Une brève histoire du tracteur en Ukraine, de Marina Lewycka.

Une brève histoire du tracteur

L'ouvrage:
Nicolaï Maïevski est ukrainien. Il vit à Londres. Il a plus de quatre vingts ans. Il vit seul, depuis la mort de sa femme, Ludmila, il y a deux ans. C'est alors qu'il rencontre Valentina, ukrainienne, trente-six ans, dont l'ambition est d'épouser un homme riche, et de rester en Angleterre.
Vera et Nadejda, les filles de Nicolaï, ne s'entendent pas, mais devront faire cause commune contre l'envahisseur.

Critique:
J'ai un sentiment mitigé quant à ce livre. Marina Lewycka expose bien les techniques de harcèlement d'une personne sans scrupules. Pourtant, j'ai trouvé cela très convenu. Valentina est une peste intéressée, même pas intéressante. On me dira que des saletés dans son genre existent. C'est vrai, mais j'ai été gênée par son manichéisme.
En outre, tout le monde râle contre la suprématie de Valentina, qui n'hésite pas à se montrer violente et irascible lorsque tout ne va pas comme elle veut. Même lorsque la loi est pour les Maïevski, personne ne se montre assez énergique pour expulser l'intruse de la maison. Même Vera qui parle beaucoup, a l'air de savoir ce qu'il faut faire, et comment le faire, se dégonfle lorsqu'elle est face à la sorcière.
Tout cela m'a agacée.

Il est intéressant de voir la façon dont Dadejda s'implique dans cette histoire. Elle n'aime pas Valentina, mais parfois, tente de voir les bons côtés de la jeune femme, ou, du moins, ne la condamne pas sans avoir la certitude de ses turpitudes.
D'autre part, Nicolaï est un personnage creusé. Esseulé, il veut croire qu'une explosive jeune femme pourrait l'aimer pour lui-même. Ça le rend versatile. Au long du livre, on découvre qu'il peut aussi être impulsif. Il m'a tour à tour agacée et attendrie.
Par petites touches, l'auteur nous apprend le passé de Nicolaï, et on plonge dans la guerre et la précarité qu'elle engendre pour les citoyens moyens.
Outre cela, le lecteur découvre également l'histoire de la famille. Nadejda se rend compte, grâce à cette triste histoire, que sa soeur et elle n'ont pas vécu les mêmes choses, n'ont pas connu les mêmes paramètres, et que Vera a peut-être des raisons d'être si dure.
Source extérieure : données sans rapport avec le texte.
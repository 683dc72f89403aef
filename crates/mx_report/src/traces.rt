//! The lines of a trace.
ghost use Rattle.std.specs.Prelude.{◌≡◌, ◌++◌, OnOk, IfOk, codes};
ghost use Rattle.mx_text.specs.Text.{word_text};
ghost use Rattle.mx_report.specs.Trace.{stage_text, spaced, stages_text, numbers_text, line_of, trace_line};

use mx_io::Memory;
use mx_text::{push_decimal, push_word};
use mx_turn::{Cycled, Latches, Stage};
use std::alloc::{AllocError, Global};

// Appends a stage behind a blank.
fn push_stage(text: &mut Vec<u8>, stage: &Stage) -> Result<(), AllocError>
    ensures { OnOk result (text.new.items ≡ text.old.items ++ spaced (stage_text stage.now)) }
{
    text.push(b' ')?;
    match stage {
        Stage::Empty => text.extend_from_slice(b"--------".as_slice()),
        Stage::Live(address) => push_word(text, *address),
        Stage::Squashed(address) => {
            push_word(text, *address)?;
            text.push(b'*')?;
            Ok(())
        }
    }
}

// Appends a word behind a blank.
fn push_number(text: &mut Vec<u8>, word: u32) -> Result<(), AllocError>
    ensures { OnOk result (text.new.items ≡ text.old.items ++ spaced (word_text word)) }
{
    text.push(b' ')?;
    push_word(text, word)
}

// Appends the five stages.
fn push_stages(text: &mut Vec<u8>, latches: &Latches) -> Result<(), AllocError>
    ensures { OnOk result (text.new.items ≡ text.old.items ++ stages_text latches.now) }
{
    push_stage(text, &latches.fetch)?;
    push_stage(text, &latches.rf)?;
    push_stage(text, &latches.alu)?;
    push_stage(text, &latches.mem)?;
    push_stage(text, &latches.wb)
}

// Appends the three numbers of the word in ALU.
fn push_numbers(text: &mut Vec<u8>, latches: &Latches) -> Result<(), AllocError>
    ensures { OnOk result (text.new.items ≡ text.old.items ++ numbers_text latches.now) }
{
    push_number(text, latches.a)?;
    push_number(text, latches.b)?;
    push_number(text, latches.result)
}

// Appends what the latches show.
fn push_latches(text: &mut Vec<u8>, latches: &Latches) -> Result<(), AllocError>
    ensures { OnOk result (text.new.items ≡ text.old.items ++ (stages_text latches.now ++ numbers_text latches.now)) }
{
    push_stages(text, latches)?;
    push_numbers(text, latches)
}

/// Appends the line of a cycle, stalled or not.
// Few cycles have a line: a call of its own keeps the loop over all of them short.
#[inline(never)]
pub fn push_trace_line(
    alloc: Global,
    text: &mut Vec<u8>,
    cycle: u32,
    stalled: bool,
    latches: &Latches,
) -> Result<(), AllocError>
    ensures { OnOk result (text.new.items ≡ text.old.items ++ line_of cycle stalled latches.now) }
{
    push_decimal(alloc, text, u64::from(cycle))?;
    if stalled {
        text.extend_from_slice(b" stall".as_slice())?;
    } else {
        push_latches(text, latches)?;
    }
    text.push(b'\n')?;
    Ok(())
}

/// The line of a cycle, counted from 0: `C stall`, or the stages IF, RF, ALU, MEM and WB and the numbers A, B and R.
pub fn trace_line(
    alloc: Global,
    cycle: u32,
    cycled: &Cycled,
    latches: &Latches,
) -> Result<Vec<u8>, Memory>
    ensures { IfOk result (λ t. t.items ≡ trace_line cycle cycled.now latches.now) }
{
    let mut text = Vec::new(alloc);
    match push_trace_line(alloc, &mut text, cycle, cycled.stalled, latches) {
        Ok(()) => Ok(text),
        Err(_) => Err(Memory),
    }
}
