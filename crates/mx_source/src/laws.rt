//! Laws of names.
ghost use Rattle.std.specs.Prelude.{◌≡◌, ◌↔◌, IsTrue};
ghost use Rattle.mx_source.specs.declared.name.Name.{Name};
ghost use Rattle.mx_source.specs.contracts.name.NamePartialEq.TheImpl.{eq-value};
ghost use Rattle.mx_source.specs.Names.{name_bytes};

/// `==` holds of two names exactly where their bytes are the same.
pub fn names_are_their_bytes()
    ensures { (a b : Name) → IsTrue ((eq-value).it a b) ↔ (name_bytes a ≡ name_bytes b) }
{}
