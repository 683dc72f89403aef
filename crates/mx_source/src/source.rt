//! Sources.
ghost use Rattle.std.specs.Prelude.{◌≡◌, Some, None, IfOk};

use crate::{Label, Name, Statement, Value, print};
use indexmap::IndexMap;
use mx_io::Memory;
use std::alloc::Global;
use std::marker::Model;

/// A source: its statements with their lines, its data words and its labels, and the line of its
/// first `.input`, if it has input.
///
/// It has at most 20,000 statements and 65,280 data words. Each target of a statement and each
/// place of code among the data has a label.
#[derive(Drop)]
pub struct Source {
    statements: Vec<Statement>,
    lines: Vec<u32>,
    user_data: Vec<Value>,
    labels: IndexMap<Name, Label>,
    input: Option<u32>,
}

impl Model for Source {
    ghost use Rattle.mx_source.specs.SourceValue.{SourceValue, IsSource};
    ghost use Rattle.mx_source.specs.SourceView.{source_value};

    ghost Value = { SourceValue };

    ghost view = { source_value };

    ghost invariant = { λ s. IsSource (source_value s) };
}

impl Source {
    ghost use Rattle.mx_source.specs.Names.{named_labels, AreApart};
    ghost use Rattle.mx_source.specs.SourceValue.{SourceValue, IsSource, plain_source};
    ghost use Rattle.mx_source.specs.Printed.{printed};

    /// The source of exactly these lists, without input. `lines` has the line of each statement,
    /// counted from 1. No two labels have one name, since they are keys of a map.
    pub fn make(
        statements: Vec<Statement>,
        lines: Vec<u32>,
        user_data: Vec<Value>,
        labels: IndexMap<Name, Label>,
    ) -> Source
        requires { AreApart (named_labels labels.entries) → IsSource (plain_source statements.items lines.items user_data.items (named_labels labels.entries)) }
        ensures { result ≡ plain_source statements.items lines.items user_data.items (named_labels labels.entries) }
    {
        // The map tells here that its keys are different.
        let _count = labels.len();
        Source {
            statements,
            lines,
            user_data,
            labels,
            input: None,
        }
    }

    /// The same source with an input, whose `.input` stands on this line.
    pub fn with_input(self, line: u32) -> Source
        ensures { result ≡ record self { input = Some line } }
    {
        let Source {
            statements,
            lines,
            user_data,
            labels,
            input: _,
        } = self;
        Source {
            statements,
            lines,
            user_data,
            labels,
            input: Some(line),
        }
    }

    /// The statements.
    pub fn statements(&self) -> &[Statement]
        ensures value { result.now ≡ self.now.statements }
        ensures source { IsSource self.now }
    {
        self.statements.as_slice()
    }

    /// The line of each statement.
    pub fn lines(&self) -> &[u32]
        ensures value { result.now ≡ self.now.lines }
        ensures source { IsSource self.now }
    {
        self.lines.as_slice()
    }

    /// The data words, in order of their addresses.
    pub fn user_data(&self) -> &[Value]
        ensures value { result.now ≡ self.now.user_data }
        ensures source { IsSource self.now }
    {
        self.user_data.as_slice()
    }

    /// The labels, in order of their definitions.
    pub fn labels(&self) -> &IndexMap<Name, Label>
        ensures value { named_labels result.now.entries ≡ self.now.labels }
        ensures source { IsSource self.now }
    {
        &self.labels
    }

    /// The line of the first `.input`, if the source has input.
    pub fn input(&self) -> Option<u32>
        ensures { result ≡ self.now.input }
    {
        self.input
    }

    /// The canonical text (this project's profile): one label, statement or data word a line.
    ///
    /// # Errors
    ///
    /// `Memory` where there is no room for it.
    pub fn print(&self, alloc: Global) -> Result<Vec<u8>, Memory>
        ensures { IfOk result (λ text. text.items ≡ printed self.now) }
    {
        match print::printed(alloc, self) {
            Ok(text) => Ok(text),
            Err(_) => Err(Memory),
        }
    }
}
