//! The report of a run.
ghost use Rattle.std.specs.Prelude.{◌≡◌, ◌≤◌, ◌<◌, ◌+◌, ◌-◌, ◌++◌, List, ℕ, Bool, OnOk, IfOk, codes, cond, min, ◌∷◌};
ghost use Rattle.std.specs.Fmt.{decimal};
ghost use Rattle.mx_isa.specs.declared.board.TheConstants.{DATA_END};
ghost use Rattle.mx_isa.specs.Words.{reg};
ghost use Rattle.mx_text.specs.Text.{word_text, line, named_line, count_line, register_line, lines_from, word_line, console_lines};
ghost use Rattle.mx_turn.specs.Program.{Program, state_after};
ghost use Rattle.mx_report.specs.Report.{counts_text, words_text, registers_text, dump_text, last_text, head_text, report_text};

use crate::Driven;
use mx_code::{Image, noops_in};
use mx_io::Memory;
use mx_isa::{DATA_END, Reg};
use mx_text::{
    push_console, push_count, push_line, push_named, push_register, push_word, push_word_line,
};
use mx_turn::{Counts, Machine};
use std::alloc::{AllocError, Global};

/// Data words to be printed: `count` words from `at` on, of which those up to 65535 are.
#[derive(Clone, Copy, Debug, PartialEq, Eq)]
pub struct Dump {
    pub at: u32,
    pub count: u32,
}

/// Appends the counts of a machine, a line each.
pub fn push_counts(alloc: Global, text: &mut Vec<u8>, counts: &Counts) -> Result<(), AllocError>
    ensures { OnOk result (text.new.items ≡ text.old.items ++ counts_text counts.now) }
{
    push_count(alloc, text, "cycles", counts.cycles)?;
    push_count(alloc, text, "fetches", counts.fetches)?;
    push_count(alloc, text, "misses", counts.misses)?;
    push_count(alloc, text, "squashes", counts.squashes)?;
    push_count(alloc, text, "interrupts", counts.interrupts)
}

// Appends the counts of an image's words.
fn push_words(alloc: Global, text: &mut Vec<u8>, code: &[u32]) -> Result<(), AllocError>
    ensures { OnOk result (text.new.items ≡ text.old.items ++ words_text code.now) }
{
    push_count(alloc, text, "words", code.len() as u64)?;
    push_count(alloc, text, "noops", noops_in(code) as u64)
}

// Appends the line of a register.
fn push_word_of<M: Machine>(
    alloc: Global,
    text: &mut Vec<u8>,
    machine: &M,
    n: u8,
) -> Result<(), AllocError>
    requires { n ≤ 31 }
    ensures { OnOk result
        ((p : Program) (h : List Bool) → M.stands machine.now p h
        → text.new.items ≡ text.old.items ++ register_line n (word_text (reg (state_after p h).core.regs n))) }
{
    let mut word = Vec::new(alloc);
    if let Some(register) = Reg::new(n) {
        push_word(&mut word, machine.register(register))?;
    }
    push_register(alloc, text, u64::from(n), word.as_slice())
}

// Appends the lines of registers 1 to 31.
fn push_registers<M: Machine>(
    alloc: Global,
    text: &mut Vec<u8>,
    machine: &M,
) -> Result<(), AllocError>
    ensures { OnOk result ((p : Program) (h : List Bool) → M.stands machine.now p h
        → text.new.items ≡ text.old.items ++ lines_from (λ n. register_line n (word_text (reg (state_after p h).core.regs n))) 31 1) }
{
    for n in 1..32u8 {
        push_word_of(alloc, text, machine, n)?;
    }
    Ok(())
}

// Appends the registers and MD.
fn push_file<M: Machine>(alloc: Global, text: &mut Vec<u8>, machine: &M) -> Result<(), AllocError>
    ensures { OnOk result
        ((p : Program) (h : List Bool) → M.stands machine.now p h → text.new.items ≡ text.old.items ++ registers_text (state_after p h).core) }
{
    push_line(text, "registers")?;
    push_registers(alloc, text, machine)?;
    let mut word = Vec::new(alloc);
    push_word(&mut word, machine.md())?;
    push_named(text, b"md".as_slice(), word.as_slice())
}

// Appends the lines of data words.
fn push_data_words<M: Machine>(
    text: &mut Vec<u8>,
    machine: &M,
    from: u32,
    to: u32,
) -> Result<(), AllocError>
    requires { to ≤ DATA_END }
    ensures { OnOk result ((p : Program) (h : List Bool) → M.stands machine.now p h
        → text.new.items ≡ text.old.items ++ lines_from (λ a. word_line a ((state_after p h).core.mem a)) (to - from) from) }
{
    for address in from..to {
        push_word_line(text, address, machine.user_data(address))?;
    }
    Ok(())
}

// Where the dump ends.
fn end_of(dump: &Dump) -> u32
    ensures end { result - dump.now.at ≡ min dump.now.count (DATA_END - dump.now.at) }
    ensures within { result ≤ DATA_END }
{
    let end = u64::from(dump.at) + u64::from(dump.count);
    end.min(u64::from(DATA_END)) as u32
}

// Appends the words of a dump, if one is asked for.
fn push_dump<M: Machine>(
    text: &mut Vec<u8>,
    machine: &M,
    dump: Option<Dump>,
) -> Result<(), AllocError>
    ensures { OnOk result
        ((p : Program) (h : List Bool) → M.stands machine.now p h → text.new.items ≡ text.old.items ++ dump_text (state_after p h).core.mem dump) }
{
    match dump {
        Some(dump) => {
            push_line(text, "data")?;
            push_data_words(text, machine, dump.at, end_of(&dump))
        }
        None => Ok(()),
    }
}

// Appends what a halt adds.
fn push_last<M: Machine>(
    alloc: Global,
    text: &mut Vec<u8>,
    machine: &M,
    halted: bool,
    dump: Option<Dump>,
) -> Result<(), AllocError>
    ensures { OnOk result
        ((p : Program) (h : List Bool) → M.stands machine.now p h → text.new.items ≡ text.old.items ++ last_text halted (state_after p h).core dump) }
{
    if halted {
        push_file(alloc, text, machine)?;
        push_dump(text, machine, dump)
    } else {
        Ok(())
    }
}

// Appends the first line.
fn push_ending(text: &mut Vec<u8>, halted: bool) -> Result<(), AllocError>
    ensures { OnOk result (text.new.items ≡ text.old.items ++ line (cond halted (codes "halted") (codes "out of budget"))) }
{
    if halted {
        push_line(text, "halted")
    } else {
        push_line(text, "out of budget")
    }
}

// Appends how the run ended, its counts and its console.
fn push_head(
    alloc: Global,
    text: &mut Vec<u8>,
    driven: &Driven,
    code: &[u32],
) -> Result<(), AllocError>
    ensures { OnOk result (text.new.items ≡ text.old.items ++ head_text driven.now.halted driven.now.counts driven.now.console.items code.now) }
{
    push_ending(text, driven.halted)?;
    push_counts(alloc, text, &driven.counts)?;
    push_words(alloc, text, code)?;
    push_console(alloc, text, driven.console.as_slice())
}

// Appends the report behind the trace.
fn push_report<M: Machine>(
    alloc: Global,
    text: &mut Vec<u8>,
    driven: &Driven,
    machine: &M,
    code: &[u32],
    dump: Option<Dump>,
) -> Result<(), AllocError>
    ensures { OnOk result ((p : Program) (h : List Bool) → M.stands machine.now p h
        → text.new.items ≡ text.old.items ++ report_text driven.now.halted driven.now.counts driven.now.console.items code.now (state_after p h).core dump) }
{
    push_head(alloc, text, driven, code)?;
    push_last(alloc, text, machine, driven.halted, dump)?;
    Ok(())
}

/// The report of a run: the lines of its trace, how it ended, its counts and those of the image, its console, and at
/// a halt the registers, MD and the data words of the dump. The machine is as the run left it.
pub fn report<M: Machine>(
    alloc: Global,
    driven: &Driven,
    machine: &M,
    image: &Image,
    dump: Option<Dump>,
) -> Result<Vec<u8>, Memory>
    ensures { IfOk result (λ t. (p : Program) (h : List Bool) → M.stands machine.now p h
        → t.items ≡ driven.now.trace.items
        ++ report_text driven.now.halted driven.now.counts driven.now.console.items image.now.code.items (state_after p h).core dump) }
{
    let Ok(mut text) = Vec::from_slice(alloc, driven.trace.as_slice()) else {
        return Err(Memory);
    };
    match push_report(
        alloc,
        &mut text,
        driven,
        machine,
        image.code.as_slice(),
        dump,
    ) {
        Ok(()) => Ok(text),
        Err(_) => Err(Memory),
    }
}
Je n'ai pas vraiment réussi à m'attacher aux personnages principaux. Pourtant, l'auteur nous en brosse un portrait assez complet et complexe. Il n'y a que Valentina qui soit caricaturale. Malgré cela, les personnages ne m'ont pas assez interpellée pour que je sois vraiment avec eux. Je voulais qu'ils triomphent, mais j'étais également assez distante.

Remarque annexe:
Marina Lewycka a fait un clin d'oeil sympathique à son lecteur. En effet, on retrouve Nicolaï dans «Deux caravanes». Il apparaît peu, mais on le reconnaît bien! Je suis contente de m'être souvenue de ce personnage, et d'avoir pu vérifier que c'était bien lui.

Éditeur: les Deux Terres.
La version audio que j'ai entendue a été enregistrée par Marie-Rose Delaloye pour l'Étoile Sonore.